▶

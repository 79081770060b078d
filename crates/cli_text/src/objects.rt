//! What the references of a namespace come to, whose objects are all there.

ghost use Rattle.std.specs.Prelude.{◌≡◌, ◌++◌, true, None, Some, IfOk};
ghost use Rattle.std.specs.List.{slice_get, AllByRecursion};
ghost use Rattle.std.specs.String.{string_bytes};
ghost use Rattle.scope_rule.specs.Relocation.{names_symbols};
ghost use Rattle.scope_rule.specs.Seen.{seen_in};
ghost use Rattle.scope_lists.specs.Lists.{AreListed, AreListsOf, IsListedAt};
ghost use Rattle.sym_lookup.specs.Looking.{HaveTables};
ghost use Rattle.cli_text.specs.Binding.{IsBinding};
ghost use Rattle.cli_text.specs.Lines.{bound_text, slot_lines, slots_text};
ghost use Rattle.cli_text.specs.Refusal.{first_refusal, refusal_of};

use crate::lines::{write_each_slot, write_objects};
use crate::references::references_at;
use crate::refusal::refusal_of;
use ld_base::{DlFault, Loaded};
use scope_rule::Namespace;
use std::alloc::{AllocError, Global};
use sym_lookup::{References, SearchLists};

/// What the references of a namespace come to.
#[derive(Drop)]
pub enum Binding {
    /// The text that `bind` writes of the objects and their slots.
    Bound(String),
    /// The refusal of the first that has no definition and has to have one.
    Refused(DlFault),
}

/// Refuses an object for its first reference without a definition, or writes its slots. So each of its
/// symbols is looked up once for both.
fn refuse_or_write(
    alloc: Global,
    text: &mut String,
    references: &mut References,
    now: bool,
    owner: &Loaded,
) -> Result<Option<DlFault>, AllocError>
    requires names { names_symbols owner.now.object ≡ true }
    requires owner { references.old.owner ≡ owner.now }
    ensures fault { IfOk result (λ fault. fault ≡ refusal_of references.old.seen now owner.now) }
    ensures text { IfOk result (λ fault. fault ≡ None → string_bytes text.new ≡ string_bytes text.old ++ slot_lines references.old.seen owner.now) }
{
    if let Some(fault) = refusal_of(alloc, references, now, owner)? {
        return Ok(Some(fault));
    }
    write_each_slot(text, references, owner)?;
    Ok(None)
}

/// The same of the object at a place in load order.
fn refuse_or_write_at(
    alloc: Global,
    text: &mut String,
    ns: &Namespace,
    lists: &SearchLists,
    now: bool,
    place: usize,
    owner: &Loaded,
) -> Result<Option<DlFault>, AllocError>
    requires names { names_symbols owner.now.object ≡ true }
    requires lists { AreListsOf (seen_in ns.now) lists.now }
    requires listed { IsListedAt lists.now place }
    requires tables { HaveTables (seen_in ns.now) }
    requires there { slice_get ns.now.objects place ≡ Some owner.now }
    ensures fault { IfOk result (λ fault. fault ≡ refusal_of (seen_in ns.now) now owner.now) }
    ensures text { IfOk result (λ fault. fault ≡ None → string_bytes text.new ≡ string_bytes text.old ++ slot_lines (seen_in ns.now) owner.now) }
{
    let mut references = references_at(alloc, ns, lists, place, owner)?;
    refuse_or_write(alloc, text, &mut references, now, owner)
}

/// The same of each object, up to the first that is refused.
fn refuse_or_write_all(
    alloc: Global,
    text: &mut String,
    ns: &Namespace,
    lists: &SearchLists,
    now: bool,
) -> Result<Option<DlFault>, AllocError>
    requires names { AllByRecursion (λ o. names_symbols o.object ≡ true) ns.now.objects }
    requires lists { AreListsOf (seen_in ns.now) lists.now }
    requires listed { AreListed (seen_in ns.now) 0 lists.now }
    requires tables { HaveTables (seen_in ns.now) }
    ensures fault { IfOk result (λ fault. fault ≡ first_refusal ns.now now ns.now.objects) }
    ensures text { IfOk result (λ fault. fault ≡ None → string_bytes text.new ≡ string_bytes text.old ++ slots_text ns.now) }
{
    for (place, object) in ns.objects.as_slice().iter().enumerate() {
        if let Some(fault) = refuse_or_write_at(alloc, text, ns, lists, now, place, object)? {
            return Ok(Some(fault));
        }
    }
    Ok(None)
}

/// What the references of a namespace come to: those of each object that aren't slots, and its slots,
/// which all have to have a definition where every slot is wanted `now`. The search lists are the
/// namespace's and have each object's scope, and its objects have their own tables.
///
/// # Errors
///
/// Want of memory.
#[tactic(auto, unfolding(crate::specs::Lines::bound_text))]
pub fn bind_objects(
    alloc: Global,
    ns: &Namespace,
    lists: &SearchLists,
    now: bool,
) -> Result<Binding, AllocError>
    requires names { AllByRecursion (λ o. names_symbols o.object ≡ true) ns.now.objects }
    requires lists { AreListsOf (seen_in ns.now) lists.now }
    requires listed { AreListed (seen_in ns.now) 0 lists.now }
    requires tables { HaveTables (seen_in ns.now) }
    ensures { IfOk result (IsBinding ns.now now) }
{
    let mut text = String::new(alloc);
    write_objects(&mut text, ns.objects.as_slice())?;
    match refuse_or_write_all(alloc, &mut text, ns, lists, now)? {
        Some(fault) => Ok(Binding::Refused(fault)),
        None => {
            writeln!(text, "end 0 bound")?;
            Ok(Binding::Bound(text))
        }
    }
}
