//! Commands, run over files in memory.

use crate::layout::Layout;
use ld_base::{Bytes, Calls, File, Files, Name};
use ldso_cli::ldso;
use library_source::{MemLibrary, MemSink};
use std::alloc::{AllocError, Global};
use std::sync::Wait;
use std::thread::Threads;

/// The status of words that are no command.
const USAGE: u8 = 120;

/// The path of the history that is judged.
const TRACE: &str = "the-trace";

/// What a command came to.
#[derive(Drop)]
pub struct Answer {
    pub status: u8,
    pub text: Vec<u8>,
}

impl Answer {
    /// Whether it is that a history is legal, with as many events as it has lines before the last.
    fn calls_legal(&self, history: &[u8]) -> bool {
        let text = str::from_utf8(history).unwrap_or("");
        count_in(self.text.as_slice()) == Some(text.lines().skip(1).count())
    }
}

/// What a history is judged to be, and whether that is legal, with all its events.
#[derive(Drop)]
pub struct Judgement {
    pub answer: Answer,
    pub is_legal: bool,
}

/// A command, the files that it finds, and which of its reads and writes fail.
#[derive(Drop)]
pub struct Command {
    pub files: Vec<Layout>,
    pub words: Name,
    pub failing_reads: Vec<u64>,
    pub failing_writes: Vec<u64>,
}

impl Command {
    pub fn new(alloc: Global) -> Result<Self, AllocError> {
        Ok(Command {
            files: Vec::new(alloc),
            words: Name::new(alloc, b"")?,
            failing_reads: Vec::new(alloc),
            failing_writes: Vec::new(alloc),
        })
    }

    /// Runs the command over these files.
    pub fn run<R: Threads + Wait + Sync>(
        &self,
        rt: &R,
        alloc: Global,
        files: Files,
    ) -> Result<Answer, AllocError> {
        let library = self.library(alloc, files)?;
        let sink = MemSink::new(alloc, calls(alloc, &self.failing_writes)?);
        run_words(
            rt,
            alloc,
            words_of(alloc, self.words.as_bytes())?,
            library,
            sink,
        )
    }

    /// What comes of the history of the run that the command makes, where it makes one and nothing failed: it is
    /// judged over the same files.
    pub fn judge<R: Threads + Wait + Sync>(
        &self,
        rt: &R,
        alloc: Global,
        answer: &Answer,
    ) -> Result<Option<Judgement>, AllocError> {
        if self.is_disturbed(answer) {
            return Ok(None);
        }
        let own = words_of(alloc, self.words.as_bytes())?;
        let history = self.history(rt, alloc, own.as_slice(), answer)?;
        let Some(words) = judging(alloc, own.as_slice(), history.as_slice())? else {
            return Ok(None);
        };
        let mut files = files_of(alloc, self.files.as_slice())?;
        files.push(File {
            path: Name::new(alloc, TRACE.as_bytes())?,
            bytes: Bytes::from_slice(alloc, history.as_slice())?,
        })?;
        let answer = self.run_undisturbed(rt, alloc, words, files)?;
        let is_legal = answer.calls_legal(history.as_slice());
        Ok(Some(Judgement { answer, is_legal }))
    }

    /// Whether it made no run, or something is to fail.
    fn is_disturbed(&self, answer: &Answer) -> bool {
        answer.status == USAGE || !self.failing_reads.is_empty() || !self.failing_writes.is_empty()
    }

    /// What it wrote; of a run whose journal it doesn't write, the journal of another one.
    fn history<R: Threads + Wait + Sync>(
        &self,
        rt: &R,
        alloc: Global,
        words: &[String],
        answer: &Answer,
    ) -> Result<Vec<u8>, AllocError> {
        if !is_verb(words, "run") || has_option(words, "--trace") {
            return answer.text.to_vec(alloc);
        }
        let files = files_of(alloc, self.files.as_slice())?;
        let traced = self.run_undisturbed(rt, alloc, with_trace(alloc, words)?, files)?;
        Ok(traced.text)
    }

    /// What these words come to over files, of which no read fails.
    fn run_undisturbed<R: Threads + Wait + Sync>(
        &self,
        rt: &R,
        alloc: Global,
        words: Vec<String>,
        files: Files,
    ) -> Result<Answer, AllocError> {
        let library = self.library(alloc, files)?;
        let sink = MemSink::new(alloc, Calls::new(alloc));
        run_words(rt, alloc, words, library, sink)
    }

    /// The files, of which some reads fail.
    fn library(&self, alloc: Global, files: Files) -> Result<MemLibrary, AllocError> {
        Ok(MemLibrary::new(alloc, files, calls(alloc, &self.failing_reads)?))
    }
}

/// What these words come to.
fn run_words<R: Threads + Wait + Sync>(
    rt: &R,
    alloc: Global,
    words: Vec<String>,
    library: MemLibrary,
    mut sink: MemSink,
) -> Result<Answer, AllocError> {
    let (outcome, _library) = ldso(rt, alloc, words, library, &mut sink);
    answer_of(alloc, outcome.status, &sink)
}

fn answer_of(alloc: Global, status: u8, sink: &MemSink) -> Result<Answer, AllocError> {
    let text = sink.bytes().to_vec(alloc)?;
    Ok(Answer { status, text })
}

fn calls(alloc: Global, numbers: &Vec<u64>) -> Result<Calls, AllocError> {
    Calls::from_slice(alloc, numbers.as_slice())
}

/// The files that are laid out so.
pub fn files_of(alloc: Global, layouts: &[Layout]) -> Result<Files, AllocError> {
    let mut files = Files::new(alloc);
    for layout in layouts {
        files.push(layout.to_file(alloc)?)?;
    }
    Ok(files)
}

/// The words by which the history of a command's run is judged: none where it makes none, where it loads more than
/// the program asks for, or where its start is refused before it names its harts.
fn judging(
    alloc: Global,
    words: &[String],
    text: &[u8],
) -> Result<Option<Vec<String>>, AllocError> {
    let runs = is_verb(words, "turns") || is_verb(words, "run");
    if !runs || has_option(words, "--preload") {
        return Ok(None);
    }
    if has_option(words, "--harts") && is_refused(text) {
        return Ok(None);
    }
    let mut judging = Vec::new(alloc);
    judging.push(String::from_str(alloc, "check")?)?;
    push_folders(alloc, &mut judging, words)?;
    judging.push(String::from_str(alloc, TRACE)?)?;
    Ok(Some(judging))
}

/// How many events a history has that is legal.
fn count_in(text: &[u8]) -> Option<usize> {
    let line = str::from_utf8(text).ok()?.trim_end();
    line.strip_prefix("end 0 legal ")?.parse().ok()
}

/// Whether this is the first of the words.
fn is_verb(words: &[String], verb: &str) -> bool {
    words.iter().take(1).any(|word| word.as_str() == verb)
}

/// The words of a run that writes its journal.
fn with_trace(alloc: Global, words: &[String]) -> Result<Vec<String>, AllocError> {
    let mut traced = Vec::new(alloc);
    for (index, word) in words.iter().enumerate() {
        traced.push(String::from_str(alloc, word.as_str())?)?;
        if index == 0 {
            traced.push(String::from_str(alloc, "--trace")?)?;
        }
    }
    Ok(traced)
}

/// Whether an option stands among the words.
fn has_option(words: &[String], name: &str) -> bool {
    words.iter().any(|word| word.as_str().starts_with(name))
}

/// Whether the history has no line but that of an opening.
fn is_refused(text: &[u8]) -> bool {
    let mut lines = str::from_utf8(text).unwrap_or("").lines();
    let _ = lines.next();
    match lines.next() {
        Some(line) => line.starts_with("end "),
        None => true,
    }
}

/// Puts the option that names folders, and its value.
fn push_folders(
    alloc: Global,
    judging: &mut Vec<String>,
    words: &[String],
) -> Result<(), AllocError> {
    let mut is_value = false;
    for word in words {
        let word = word.as_str();
        if is_value || word.starts_with("--lib") {
            judging.push(String::from_str(alloc, word)?)?;
        }
        is_value = word == "--lib";
    }
    Ok(())
}

/// The words of a line of text. Two single quotes are an empty word.
fn words_of(alloc: Global, line: &[u8]) -> Result<Vec<String>, AllocError> {
    let mut words = Vec::new(alloc);
    for word in str::from_utf8(line).unwrap_or("").split_whitespace() {
        let word = if word == "''" { "" } else { word };
        words.push(String::from_str(alloc, word)?)?;
    }
    Ok(words)
}
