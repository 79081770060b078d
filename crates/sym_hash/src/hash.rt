//! The hashes of names (gABI, "Hash Table").

ghost use Rattle.std.specs.Prelude.{◌≡◌, fold};
ghost use Rattle.sym_hash.specs.Hash.{gnu_hash, gnu_step, sysv_fold, sysv_hash, sysv_step};

/// The four highest bits of a hash.
const HIGH: u32 = 0xf000_0000;
/// The GNU hash of an empty name.
const GNU_START: u32 = 5381;

/// Moves the four highest bits down.
fn sysv_fold(hash: u32) -> u32
    ensures { result ≡ sysv_fold hash }
{
    let high = hash & HIGH;
    (hash ^ (high >> 24)) & !high
}

fn sysv_step(hash: u32, byte: u8) -> u32
    ensures { result ≡ sysv_step hash byte }
{
    sysv_fold(hash.wrapping_mul(16).wrapping_add(u32::from(byte)))
}

/// The hash of a name in the System V hash table.
#[tactic(auto, unfolding(crate::specs::Hash::sysv_hash))]
pub fn sysv_hash(name: &[u8]) -> u32
    ensures { result ≡ sysv_hash name.now }
{
    name.iter().fold(0, |hash, byte| sysv_step(hash, *byte))
}

fn gnu_step(hash: u32, byte: u8) -> u32
    ensures { result ≡ gnu_step hash byte }
{
    hash.wrapping_mul(33).wrapping_add(u32::from(byte))
}

/// The hash of a name in the GNU hash table.
#[tactic(auto, unfolding(crate::specs::Hash::gnu_hash))]
pub fn gnu_hash(name: &[u8]) -> u32
    ensures { result ≡ gnu_hash name.now }
{
    name.iter()
        .fold(GNU_START, |hash, byte| gnu_step(hash, *byte))
}
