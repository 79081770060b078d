//! The top call.

ghost use Rattle.std.specs.Prelude.{◌≡◌, ◌≤◌, IfOk, MatchResult};
ghost use Rattle.cli_read.specs.SaidWords.Words.{texts};
ghost use Rattle.ldso_cli.specs.Asked.{OfAsked, OfEachAsked};
ghost use Rattle.ldso_cli.specs.Command.{WordsAnswer, LeavesLibrary};
ghost use Rattle.ldso_cli.specs.Complete.{Completes};
ghost use Rattle.ldso_cli.specs.End.{end_of};
ghost use Rattle.ldso_cli.specs.Ends.{WordsEnd, IsCaused, IsUnanswered, Written};
ghost use Rattle.ldso_cli.specs.Headline.{Headline};
ghost use Rattle.ldso_cli.specs.Outside.{handed_to, library_at, sink_at};
ghost use Rattle.ldso_cli.specs.Status.{status_of};

use crate::answer::{Answer, usage};
use crate::asm::asm;
use crate::bind::bind;
use crate::check::check;
use crate::dump::dump;
use crate::generate::generate;
use crate::law::{answers_are_histories, answers_complete};
use crate::outcome::{Cause, End, Outcome};
use crate::threads::run;
use crate::turns::turns;
use cli_read::{WordsFault, read_command};
use cli_words::{Command, words_are_one_command};
use library_source::{Library, Sink, WriteError, put_all};
use std::alloc::{AllocError, Global};
use std::sync::Wait;
use std::thread::Threads;

/// What the words come to.
fn answer<R: Threads + Wait + Sync, L: Library + Send + Drop>(
    rt: &R,
    alloc: Global,
    words: &[String],
    library: L,
) -> (Result<Answer, AllocError>, L)
    ensures answers { OfAsked (texts words.now) (λ command. IfOk result.0 (λ answer. WordsAnswer command (library_at L.files L.faults L.misses library)
        (library_at L.files L.faults L.misses result.1) answer.end answer.text)) }
    ensures untouched { OfAsked (texts words.now) (λ command. LeavesLibrary command library result.1) }
    ensures files { L.files result.1 ≡ L.files library }
    ensures faults { L.faults library ≤ L.faults result.1 }
    ensures misses { L.misses library ≤ L.misses result.1 }
{
    words_are_one_command();
    let mut library = library;
    match read_command(alloc, words) {
        Ok(Command::Bind(command)) => (bind(alloc, command, &mut library), library),
        Ok(Command::Dump(path)) => (dump(alloc, path, &mut library), library),
        Ok(Command::Assemble(path)) => (asm(alloc, path, &mut library), library),
        Ok(Command::Turns(command)) => (turns(alloc, &command, &mut library), library),
        Ok(Command::Run(command)) => run(rt, alloc, &command, library),
        Ok(Command::Check(command)) => check(alloc, command, library),
        Ok(Command::Generate(number)) => (generate(alloc, number), library),
        Err(WordsFault::Usage) => (usage(alloc), library),
        Err(WordsFault::Memory) => (Err(AllocError), library),
    }
}

/// Writes the answer, and says how the command ends.
fn write_answer<K: Sink>(out: &mut K, answer: Result<Answer, AllocError>) -> End
    ensures written { MatchResult answer
        (λ a. Written (handed_to K.writes out.old out.new) a.end a.text (sink_at K.taken K.faults out.old) (sink_at K.taken K.faults out.new) result)
        (λ _. IsUnanswered (handed_to K.writes out.old out.new) (sink_at K.taken K.faults out.old) (sink_at K.taken K.faults out.new) result) }
    ensures faults { K.faults out.old ≤ K.faults out.new }
{
    match answer {
        Err(AllocError) => End::bare(Cause::Memory),
        Ok(answer) => match put_all(out, answer.text.as_slice()) {
            Ok(()) => answer.end,
            Err(WriteError::Failed) => answer.end.with_cause(Cause::WriteFault),
            Err(WriteError::Memory) => answer.end.with_cause(Cause::Memory),
        },
    }
}

/// Runs the command that the words are: reads what it asks for from the library, writes its text to
/// the sink, and says how it ended. The library is handed back.
///
/// Where the words are no command the cause is `Usage`. `bind` ends with `Done`, or with the one
/// refusal that stops it, which comes in this order: of finding and reading the program and what it
/// needs, breadth-first; of a version that isn't there; of a reference without a definition. `dump`
/// ends with `Done` where the file is accepted as a program, and else with its refusal. `asm` ends with
/// `Done` where the source denotes an object, whose bytes it writes alone, and else with the line that is
/// refused and the cause. `turns` ends with the first refusal of startup, or with how the run by its
/// schedule ended; it writes the run's journal, and what the run left is kept beside the end. A schedule
/// that is none of so many harts is a `Usage`, too. `run` does so on threads, each hart on one of its own: it
/// keeps what each hart did, too, and writes what the program wrote, or the journal where that is asked for.
/// `check` ends with `Done` where the trace is legal; with the line that is refused, and the cause; or with the
/// refusal of a trace that is missing, can't be read or is too long, or of an object that can't be read.
/// `gen` makes its files itself and reads none of the library; it runs their program as `turns` would, writes
/// a summary of the run, and ends with `Done` where the program exited.
pub fn ldso<R: Threads + Wait + Sync, L: Library + Send + Drop, K: Sink>(
    rt: &R,
    alloc: Global,
    words: Vec<String>,
    library: L,
    out: &mut K,
) -> (Outcome, L)
    // How it ends, the text that it prints then, and how that was written.
    ensures ends { OfAsked (texts words.items) (λ command. WordsEnd (handed_to K.writes out.old out.new)
        command (library_at L.files L.faults L.misses library) (library_at L.files L.faults L.misses result.1)
        (sink_at K.taken K.faults out.old) (sink_at K.taken K.faults out.new) (end_of result.0)) }
    ensures causes { OfEachAsked (texts words.items) (λ command. IsCaused
        command (library_at L.files L.faults L.misses library) (library_at L.files L.faults L.misses result.1)
        (sink_at K.taken K.faults out.old) (sink_at K.taken K.faults out.new) result.0.cause) }
    ensures status { result.0.status ≡ status_of (end_of result.0) }

    // The headline: what is kept of a run is one legal history, true at each of its moments.
    ensures headline { OfEachAsked (texts words.items) (λ command. Headline
        command (library_at L.files L.faults L.misses library) (library_at L.files L.faults L.misses result.1) (end_of result.0)) }

    // Where all that the command asks for is there and nothing fails, it does what it was asked, or memory was wanted.
    ensures complete { OfEachAsked (texts words.items) (λ command. Completes
        command (library_at L.files L.faults L.misses library) (library_at L.files L.faults L.misses result.1)
        (sink_at K.taken K.faults out.old) (sink_at K.taken K.faults out.new) (end_of result.0)) }

    // What the library and the sink are left as.
    ensures untouched { OfAsked (texts words.items) (λ command. LeavesLibrary command library result.1) }
    ensures files { L.files result.1 ≡ L.files library }
    ensures library_faults { L.faults library ≤ L.faults result.1 }
    ensures misses { L.misses library ≤ L.misses result.1 }
    ensures sink_faults { K.faults out.old ≤ K.faults out.new }
{
    words_are_one_command();
    answers_are_histories();
    answers_complete();
    let (answer, library) = answer(rt, alloc, words.as_slice(), library);
    let end = write_answer(out, answer);
    (end.into_outcome(), library)
}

◀

**WORK INSTRUCTION:**
The required answer is the run of lines above, starting at the line with "V hash table." and ending at the line with "use crate::check::check;", reproduced exactly with both ends.

**ANSWER FOR THE TASK:**
/// The hash of a name in the System V hash table.
#[tactic(auto, unfolding(crate::specs::Hash::sysv_hash))]
pub fn sysv_hash(name: &[u8]) -> u32
    ensures { result ≡ sysv_hash name.now }
{
    name.iter().fold(0, |hash, byte| sysv_step(hash, *byte))
}

fn gnu_step(hash: u32, byte: u8) -> u32
    ensures { result ≡ gnu_step hash byte }
{
    hash.wrapping_mul(33).wrapping_add(u32::from(byte))
}

/// The hash of a name in the GNU hash table.
#[tactic(auto, unfolding(crate::specs::Hash::gnu_hash))]
pub fn gnu_hash(name: &[u8]) -> u32
    ensures { result ≡ gnu_hash name.now }
{
    name.iter()
        .fold(GNU_START, |hash, byte| gnu_step(hash, *byte))
}
repository 79081770060b078d
//! The top call.

ghost use Rattle.std.specs.Prelude.{◌≡◌, ◌≤◌, IfOk, MatchResult};
ghost use Rattle.cli_read.specs.SaidWords.Words.{texts};
ghost use Rattle.ldso_cli.specs.Asked.{OfAsked, OfEachAsked};
ghost use Rattle.ldso_cli.specs.Command.{WordsAnswer, LeavesLibrary};
ghost use Rattle.ldso_cli.specs.Complete.{Completes};
ghost use Rattle.ldso_cli.specs.End.{end_of};
ghost use Rattle.ldso_cli.specs.Ends.{WordsEnd, IsCaused, IsUnanswered, Written};
ghost use Rattle.ldso_cli.specs.Headline.{Headline};
ghost use Rattle.ldso_cli.specs.Outside.{handed_to, library_at, sink_at};
ghost use Rattle.ldso_cli.specs.Status.{status_of};

use crate::answer::{Answer, usage};
use crate::asm::asm;
use crate::bind::bind;
use crate::check::check;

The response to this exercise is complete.